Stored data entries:
**********
//! What each line of a trace changes in the text of the state.
ghost use Rattle.std.specs.Prelude.{◌≡◌, IfOk};
ghost use Rattle.state_changes.specs.Behind.{SaysSteps};
ghost use Rattle.trace.specs.Numbered.{texts_of};
ghost use Rattle.trace_io.specs.Lines.{lines_of};
ghost use Rattle.state_changes.specs.Pages.{all_changed};

use crate::marks::difference_text;
use crate::spans::span_of;
use crate::{StateRecorder, StateStep};
use std::alloc::{AllocError, Global};
use trace_io::lines::front_line;

/// What the steps make of the text, one after another.
pub(crate) fn text_after(
    alloc: Global,
    text: &[u8],
    moments: &[StateStep],
) -> Result<Vec<u8>, AllocError>
    ensures { IfOk result (λ after. after.items ≡ all_changed text.now moments.now) }
{
    let mut after = Vec::new(alloc);
    after.extend_from_slice(text)?;
    let mut at = 0;
    'moments: while at < moments.len() {
        after = moments[at].change().apply(alloc, after.as_slice())?;
        at += 1;
    }
    Ok(after)
}

/// For each line of the trace, whose steps were recorded, the lines that go from the text of the state, and those that come.
pub fn changes_of(
    alloc: Global,
    trace: &[u8],
    recorder: &StateRecorder,
) -> Result<Vec<Vec<u8>>, AllocError>
    ensures { IfOk result (λ texts. SaysSteps (lines_of trace.now) recorder.now (texts_of texts.items)) }
{
    let mut texts = Vec::new(alloc);
    let mut text = Vec::new(alloc);
    text.extend_from_slice(recorder.first())?;
    let mut rest = trace;
    let mut left = recorder.moments();
    'lines: while !rest.is_empty() {
        let (line, more) = front_line(rest);
        let (own, others) = left.split_at(span_of(line, left));
        let after = text_after(alloc, text.as_slice(), own)?;
        texts.push(difference_text(alloc, text.as_slice(), after.as_slice())?)?;
        text = after;
        rest = more;
        left = others;
    }
    Ok(texts)
}
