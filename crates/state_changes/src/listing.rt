//! The mappings of a machine as text.
ghost use Rattle.std.specs.Prelude.{◌≡◌, ◌++◌, List, OnOk, IfOk};
ghost use Rattle.std.specs.List.{flat_map};
ghost use Rattle.core_steps.specs.Machine.{state};
ghost use Rattle.core_steps.specs.MapLines.{ListsMaps};
ghost use Rattle.slot_lock.specs.declared.map_list.MapLine.{MapLine};
ghost use Rattle.trace_text.specs.Listing.{mapping_text, maps_text};

use core_steps::Machine;
use machine_log::Ledger;
use slot_lock::{MapLine, SlotMap};
use std::alloc::{AllocError, Allocator, Global};
use trace_text::{LineText, write_map_line};

// Appends the line of a mapping.
fn put_mapping(out: &mut Vec<u8>, line: &MapLine) -> Result<(), AllocError>
    ensures { OnOk result (out.new.items ≡ out.old.items ++ mapping_text line.now) }
{
    let mut text = LineText::new();
    write_map_line(&mut text, line.range, line.prot, line.back);
    out.extend_from_slice(text.as_str().as_bytes())
}

// Appends a line for each mapping.
fn put_mappings(out: &mut Vec<u8>, lines: &[MapLine]) -> Result<(), AllocError>
    ensures { OnOk result (out.new.items ≡ out.old.items ++ flat_map mapping_text lines.now) }
{
    let mut at = 0;
    'lines: while at < lines.len() {
        put_mapping(out, &lines[at])?;
        at += 1;
    }
    Ok(())
}

// The text of these mappings.
#[tactic(auto, unfolding(trace_text::specs::Listing::maps_text))]
fn text_of(alloc: Global, lines: &[MapLine]) -> Result<Vec<u8>, AllocError>
    ensures { IfOk result (λ text. text.items ≡ maps_text lines.now) }
{
    let mut text = Vec::new(alloc);
    put_mappings(&mut text, lines)?;
    Ok(text)
}

/// The text of the machine's mappings, those of the plain page map to which its log leads.
pub(crate) fn mappings_of<M: SlotMap, A: Allocator + Clone, L: Ledger>(
    alloc: Global,
    machine: &Machine<M, A, L>,
) -> Result<Vec<u8>, AllocError>
    ensures { IfOk result (λ text. (maps : List MapLine) × ListsMaps (state machine.now) maps × (text.items ≡ maps_text maps)) }
{
    let Ok(lines) = machine.plain_maps(alloc) else {
        return Err(AllocError);
    };
    text_of(alloc, lines.as_slice())
}
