//! What each line of a trace changes in the state, and a page that steps through it.
//!
//! - `behind` (`changes_of`), `recorder`, `spans`: states beside a line; `differing`, `finding`, `marks`, `part`,
//!   `applying`: texts that differ.
//! - `knowing`, `seeking`: what is said of a page, and the first state that has some words.
//! - `data`, `json`, `listing`, `template`: the page of HTML that steps through a trace.
//!
//! It exists for `behind::changes_of`. The word `page` and `run --state` call it.
#![tactic(auto)]

mod applying;
pub mod behind;
pub mod data;
pub mod differing;
mod finding;
mod json;
pub mod knowing;
mod listing;
pub mod marks;
pub mod part;
pub mod recorder;
pub mod seeking;
pub mod spans;
pub mod template;

pub use behind::changes_of;
pub use differing::{Difference, difference_of};
pub use part::DiffOp;
pub use recorder::{StateRecorder, StateStep};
**********
__What to do__:
Search the entries for the string "applying". Copy every line that has it.

__Answer to this problem__:
//!   `applying`: texts that differ.
mod applying;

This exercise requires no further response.